In that case Sartre’s strictures against inauthenticity are quite
pertinent. It will not do to reaffirm the old values mechanically,
despite present need. We must then have the courage to tear down and
reshape our structure of values. A deeper integrity might thereby
arise, since we may find ourselves embodying richer and more inclusive
values. Nevertheless a break has occurred. The original integrity has
been judged and found wanting. Human integrity cannot thus be an
inherent quality, given at the outset, but an achievement only
tentatively and gradually achieved. We can never know how well it is
achieved until we can review a man’s total life.
The biblical drama is
the biography of God, whereby the integrity of his values are gradually
made manifest in the vicissitudes of the concrete situations of
Israel, Jesus, and the church. These values in all of their complex richness
cannot be simply given at the outset; they must be temporally emergent
as layer upon layer is added to the account of God’s dealings with man.
The concrete character of each situation needs to be explored.
Nevertheless there is
a profound difference between divine and human Integrity. In addition,
to confront each situation immediately at hand, and to bring it to a
definite conclusion, God has the task of ordering all conceivable
possibilities. This cosmic ordering cannot be simply temporal, for in
that case we face two equally unacceptable alternatives: (1) Suppose God
changes his ordering from time to time, according to which possibilities
are judged to be better or worse. Then what was better now becomes
worse, and vice versa. Given God’s first ordering, no other ordering
can be justified. Or, given some later ordering, no earlier one can be
justified. With different orderings values would become totally
arbitrary, relative not merely to changing circumstance or cultural
milieu, or to different individuals, but also to the passing whims of a
cosmic ruler. (2) Suppose, to avoid these evils, we conceive God’s
first temporal decision to be perfect and complete. It could not be
tentative and incomplete, for then it would be subject to the
uncertainty that it might prove to be inadequate in some later
situation. This would pack all of God’s decision-making back into some
first temporal moment, a very problematic notion in itself. Then all
God’s decisions from that moment on would merely be mechanical
reaffirmations of that original choice.
What is needed is an
openness and tentativeness allowing for the ongoing exercise of divine
freedom coupled with an underlying integrity which cannot possibly be
threatened by whatever happens. This we find in Whitehead’s conception
of the primordial envisagement of all pure possibilities. This one,
ultimate decision is basically nontemporal, whereby all the
possibilities are ordered, and God determines himself to be the sort of
God he is. It is thereby God’s act of self-creation. Or, to express it
in classical terms, it is the way the Father (=the originating power)
generates the Son (=the Logos, the order of all possibility) “before all
worlds” (=nontemporally). This basically nontemporal ordering is then
temporally emergent in God’s interaction with the world. It is never
fully given in any temporal moment.
Thus while the nature
of God is ultimately derived from a divine decision, it is not a merely
temporal decision.

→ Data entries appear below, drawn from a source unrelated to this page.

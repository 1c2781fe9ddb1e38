// A CKMS's state as words, the way in and the way out. Words that fit none are read as a state that is never sound, whatever is lent: the core refuses it, after SLOTS, as DAMAGED.
// The mean is an f64 here: a NaN is then a value which the core can refuse. C reads this struct, so what there may not be stands behind a flag.
#![tactic(auto)]

ghost use Rattle.std.specs.Prelude.{◌≡◌, cond};
ghost use Rattle.ckms_words.specs.Promises.{Promises};
ghost use Rattle.ckms_words.specs.Ckmses.{plus_zero, narrow, misfit, narrowed, ckms_of, words_of};

use ckms_steps::CKMS;
use fraction::Fraction;
use mean::Mean;
use words::flag_fits;

// A CKMS's state: a flag says whether there is a last value, and another whether there is a mean.
#[repr(C)]
#[derive(Clone, Copy, Default)]
pub struct CkmsWords {
    pub num: u64,
    pub den: u64,
    pub n: u64,
    pub held: u64,
    pub blocks: u64,
    pub inserts: u64,
    pub has_last: u64,
    pub last: u64,
    pub has_mean: u64,
    pub mean: f64,
}

// Whether x is the zero whose bits are all 0: one over the other zero is below it.
fn is_plus_zero(x: f64) -> bool
    ensures { result ≡ plus_zero x }
{
    x == 0.0 && 0.0 < 1.0 / x
}

// The state of words that fit none: its error is not allowed.
pub fn misfit() -> CKMS
    ensures { result ≡ misfit }
{
    CKMS {
        error: Fraction { num: 0, den: 0 },
        n: 0,
        held: 0,
        blocks: 0,
        inserts: 0,
        last_in: None,
        cma: None,
    }
}

impl CkmsWords {
    // The state of the words, where each word that is a number of 32 bits is one. No TryFrom: beside a From the library has one, which can't fail.
    fn narrowed(self) -> Option<CKMS>
        ensures { result ≡ cond (narrow self) (Some (narrowed self)) None }
    {
        let last = u32::try_from(self.last).ok()?;
        Some(CKMS {
            error: Fraction {
                num: u32::try_from(self.num).ok()?,
                den: u32::try_from(self.den).ok()?,
            },
            n: u32::try_from(self.n).ok()?,
            held: u32::try_from(self.held).ok()?,
            blocks: u32::try_from(self.blocks).ok()?,
            inserts: u32::try_from(self.inserts).ok()?,
            last_in: (self.has_last == 1).then_some(last),
            cma: (self.has_mean == 1).then_some(Mean { value: self.mean }),
        })
    }
}

// The state of the words.
impl From<CkmsWords> for CKMS {
    ghost from_gives = { λ words ckms. ckms ≡ ckms_of words };

    fn from(words: CkmsWords) -> CKMS {
        if flag_fits(words.has_last, words.last == 0)
            && flag_fits(words.has_mean, is_plus_zero(words.mean))
        {
            return words.narrowed().unwrap_or(misfit());
        }
        misfit()
    }
}

// The words of a state: what there is not, is 0 behind a flag of 0.
impl From<CKMS> for CkmsWords {
    ghost from_gives = { λ ckms words. words ≡ words_of ckms };

    fn from(ckms: CKMS) -> CkmsWords {
        CkmsWords {
            num: u64::from(ckms.error.num),
            den: u64::from(ckms.error.den),
            n: u64::from(ckms.n),
            held: u64::from(ckms.held),
            blocks: u64::from(ckms.blocks),
            inserts: u64::from(ckms.inserts),
            has_last: u64::from(ckms.last_in.is_some()),
            last: u64::from(ckms.last_in.unwrap_or(0)),
            has_mean: u64::from(ckms.cma.is_some()),
            mean: ckms.cma.map_or(0.0, |mean| mean.value),
        }
    }
}

// The theorems about the definitions: the crate is not proved unless each of them is.
pub fn promises()
    ensures { Promises }
{}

This then qualifies the thrust of that declaration,
“I will be what I will be.’’ While God may respond differently to
differing circumstances, there is an underlying consistency of character
and value that is open to philosophical examination. While process
theism welcomes expressions of God’s dynamic activity, I for one am
hesitant ever to endorse any change in God’s values not dictated by a
change in the objective situation. Yet God is portrayed as not having
determined the wickedness of Sodom and Gomorrah prior to his consultation with Abraham (Gen. 18:21), and Moses
successfully averts God’s original intention to destroy the Israelites,
although Israel’s idolatry with the golden calf remains just what it was
before Moses’ intercession (Ex. 32:7 -14).2
The biblical writers
have not been particularly sensitive to the demand for an underlying
consistency of character among the differing portrayals of God. Various
scholars have noticed and emphasized the resulting incompatibilities.

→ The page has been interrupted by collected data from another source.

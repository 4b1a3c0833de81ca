//! From the tokens of a file to its tree.

ghost use Rattle.dpi_lex.specs.Words.{words_of};
ghost use Rattle.c_parse.specs.Answer.{IsAnswer};

use crate::fault::ParseFault;
use crate::file::whole;
use c_cursor::{Cursor, opener};
use c_tree::CFile;
use dpi_grammar::Stop;
use dpi_lex::Tokens;
use std::alloc::Global;

/// How many levels a tree may have.
const MAX_LEVELS: u32 = 24;

/// The one tree of at most 24 levels whose tokens these are (ISO C 6.5 to 6.9).
///
/// `ParseFault::Syntax` names the first token with which no tree of any number of levels goes on;
/// `ParseFault::TooDeep` the token that opens a level too many, where trees of more levels go on
/// with the first token with which none of at most 24 does. That is this token itself or, where it
/// stands right behind a `(`, that `(`. The tree takes memory, and `ParseFault::NoMemory` says that
/// some was wanting.
#[tactic(auto, using(crate::proofs::Answers::refused))]
pub fn parse(alloc: Global, tokens: &Tokens) -> Result<CFile, ParseFault>
    ensures answer { IsAnswer (words_of tokens.now) result }
{
    let mut rest = Cursor::new(tokens);
    match whole(alloc, &mut rest, MAX_LEVELS) {
        Ok(file) => Ok(file),
        Err(Stop::Syntax(token)) => Err(ParseFault::Syntax { token }),
        Err(Stop::TooDeep(shows)) => Err(ParseFault::TooDeep {
            token: opener(tokens, shows),
        }),
        Err(Stop::Memory) => Err(ParseFault::NoMemory),
    }
}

John L. McKenzie has written:
We simply do not
believe in the Great Warrior who exterminated the Canaanites. Some who
shared our faith did. They also professed belief in Jesus Christ the
Son of God who said that he who would save his life must lose it, and
who implied that a good way to lose it quickly is to love those who hate
you and pray for those who persecute you. How does one speak of a god
who exhibits both these features? Lam compelled to say simply he does
not exist, and that those who professed this monstrous faith worshipped
an idol.3
These logical
inconsistencies, which so trouble us today because of the implicit way
in which we have accepted the perspective of Greek rationality, did not
concern the biblical thinkers. Even after we have been admonished to
love our enemies and to “be perfect, as your heavenly Father is perfect”

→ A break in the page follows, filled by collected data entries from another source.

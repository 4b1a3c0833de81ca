//! Parameters of functions (ISO C 6.7.6.3).

ghost use Rattle.std.specs.Prelude.{◌≡◌, [], ◌∷◌};
ghost use Rattle.dpi_grammar.specs.Parser.{Reads, optional, more, listed, separated, ◌>>◌};
ghost use Rattle.c_tree.specs.declared.class.Class.TheVariants as classes;
ghost use Rattle.c_tree.specs.Classes.{is};
ghost use Rattle.c_tree.specs.Declarations as tree;
ghost use Rattle.c_cursor.specs.Reading as leaves;
ghost use Rattle.c_types.specs.Reading as types;
ghost use Rattle.c_parse.specs.ReadingDeclarations as spec;

use crate::sizes::optional_param_array;
use c_cursor::{Cursor, name};
use c_tree::{BaseWord, Class, Name, Param, Params};
use c_types::{begins_type, stars, type_name};
use dpi_grammar::Stop;
use sqlite_items::Items;
use std::alloc::Global;

// id?
fn optional_name(alloc: Global, tokens: &mut Cursor<'_>) -> Result<Option<Name>, Stop>
    ensures { Reads (optional (is classes.Name) leaves.name tokens.old) result tokens.new }
{
    if !tokens.sees(Class::Name) {
        return Ok(None);
    }
    Ok(Some(name(alloc, tokens)?))
}

/// A parameter.
// param = type stars id? ("[" size? "]")?
#[tactic(auto, unfolding(crate::specs::ReadingDeclarations::param))]
fn param(alloc: Global, tokens: &mut Cursor<'_>) -> Result<Param, Stop>
    ensures { Reads (spec.param tokens.old) result tokens.new }
{
    let kind = type_name(alloc, tokens)?;
    let stars = stars(alloc, tokens)?;
    let name = optional_name(alloc, tokens)?;
    let array = optional_param_array(alloc, tokens)?;
    Ok(Param {
        kind,
        stars,
        name,
        array,
    })
}

// "," param
fn next_param(alloc: Global, tokens: &mut Cursor<'_>) -> Result<Param, Stop>
    ensures { Reads (spec.next_param tokens.old) result tokens.new }
{
    tokens.expect(Class::Comma)?;
    param(alloc, tokens)
}

/// Parameters, each behind a comma, behind those found so far.
// ("," param)*
fn more_params(
    alloc: Global,
    tokens: &mut Cursor<'_>,
    mut found: Items<Param>,
) -> Result<Items<Param>, Stop>
    ensures { Reads (more (is classes.Comma) spec.next_param found tokens.old) result tokens.new }
{
    for _turn in 0..tokens.left() {
        if !tokens.sees(Class::Comma) {
            return Ok(found);
        }
        found.push(next_param(alloc, tokens)?)?;
    }
    Ok(found)
}

// param,+
fn params(alloc: Global, tokens: &mut Cursor<'_>) -> Result<Items<Param>, Stop>
    ensures { Reads (separated (is classes.Comma) spec.param tokens.old) result tokens.new }
{
    let mut found = Items::new(alloc);
    found.push(param(alloc, tokens)?)?;
    more_params(alloc, tokens, found)
}

// (param,+)?
fn listed_params(alloc: Global, tokens: &mut Cursor<'_>) -> Result<Items<Param>, Stop>
    ensures { Reads (listed types.begins_type (is classes.Comma) spec.param tokens.old) result tokens.new }
{
    if !begins_type(tokens) {
        return Ok(Items::new(alloc));
    }
    params(alloc, tokens)
}

/// Whether the parameter is the word `void` alone.
fn is_only_void(param: &Param) -> bool
    ensures { result ≡ tree.is_only_void (param.now ∷ []) }
{
    param.kind.before.is_empty()
        && matches!(param.kind.base.as_slice(), [BaseWord::Void])
        && param.kind.behind.is_empty()
        && param.stars.is_empty()
        && param.name.is_none()
        && param.array.is_none()
}

/// The parameters that a list is: one that is the word `void` alone stands for none.
fn params_of(found: Items<Param>) -> Params
    ensures { result ≡ spec.params_of found }
{
    match found.as_slice() {
        [param] if is_only_void(param) => Params::Void(param.kind.token),
        _ => Params::List(found),
    }
}

/// The parameters of a function.
// params = "void" | (param,+)?
pub fn parameters(alloc: Global, tokens: &mut Cursor<'_>) -> Result<Params, Stop>
    ensures { Reads (spec.parameters tokens.old) result tokens.new }
{
    Ok(params_of(listed_params(alloc, tokens)?))
}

(Matt. 5:44, 48), Paul can quote with approval the divine decision: “Jacob
I loved, but Esau I hated” (Rom.
9:13,
quoting from Mal. 1:2-3). It is a logical contradiction for God to love
all men, including his enemies, and yet also hate Esau, but this does
not seem to bother Paul at all. For there is an inconsistency only if
we introduce the philosopher’s assumption that God has an unchanging
nature, such that the way we now experience divine activity must also
characterize God’s activity in the past. Paul’s understanding of God,
however, was primarily historical. He apprehended God in terms of his
present activity, as presently understood, but also accepted without
challenge the authoritative witness to divine activity in the past. In
appealing to this rejection of Esau, Paul was not arguing that the
chosenness of Jacob must require the rejection of Esau, let alone trying
to justify any hatred for the Edomites. He was simply trying to justify
his present understanding of God, involving as it did notions of
election and predestination, and for this purpose the authoritative word
of the tradition was sufficient. He does not inquire whether the
interpretive patterns employed by the historical witness were the same
as his own, or even compatible with them. This is a modern
preoccupation, growing out of our concern with universality.
It may be precisely
this lack of concern for temporal consistency which makes it possible
for biblical literature to give us such a rich account of the activity
of God. It allows for the accumulation of many different perspectives,
each roughly consistent within itself but not necessarily with the
others. Had a strict demand for consistency among these various
perspectives been present, no new understanding of God could have
emerged without a repudiation of the old. Given the conservative nature
of religious practice, it is more than likely that the old view would
have won out every time, stifling all new creative imagination. The
genius of the Hebrew imagination was that it was able to accept and
affirm the witness to God’s former acts, even as understood from an
older perspective, while at the same time proclaiming what God was about
to do as grasped from a newer standpoint. Moreover, it was precisely
the acceptance of the old which provided a rich matrix for present
creative imagination to reach new levels of insight. This combination
of the old and the new was experienced as a living reality, for God,
having graciously acted on behalf of Israel, was now prepared to do a
new thing.
The danger of a
premature demand for consis-tency may be seen in the Greek experience.
Here heightened moral sensitivity was not handled historically, but
became part of philosophy’s general criticism of its inherited myth.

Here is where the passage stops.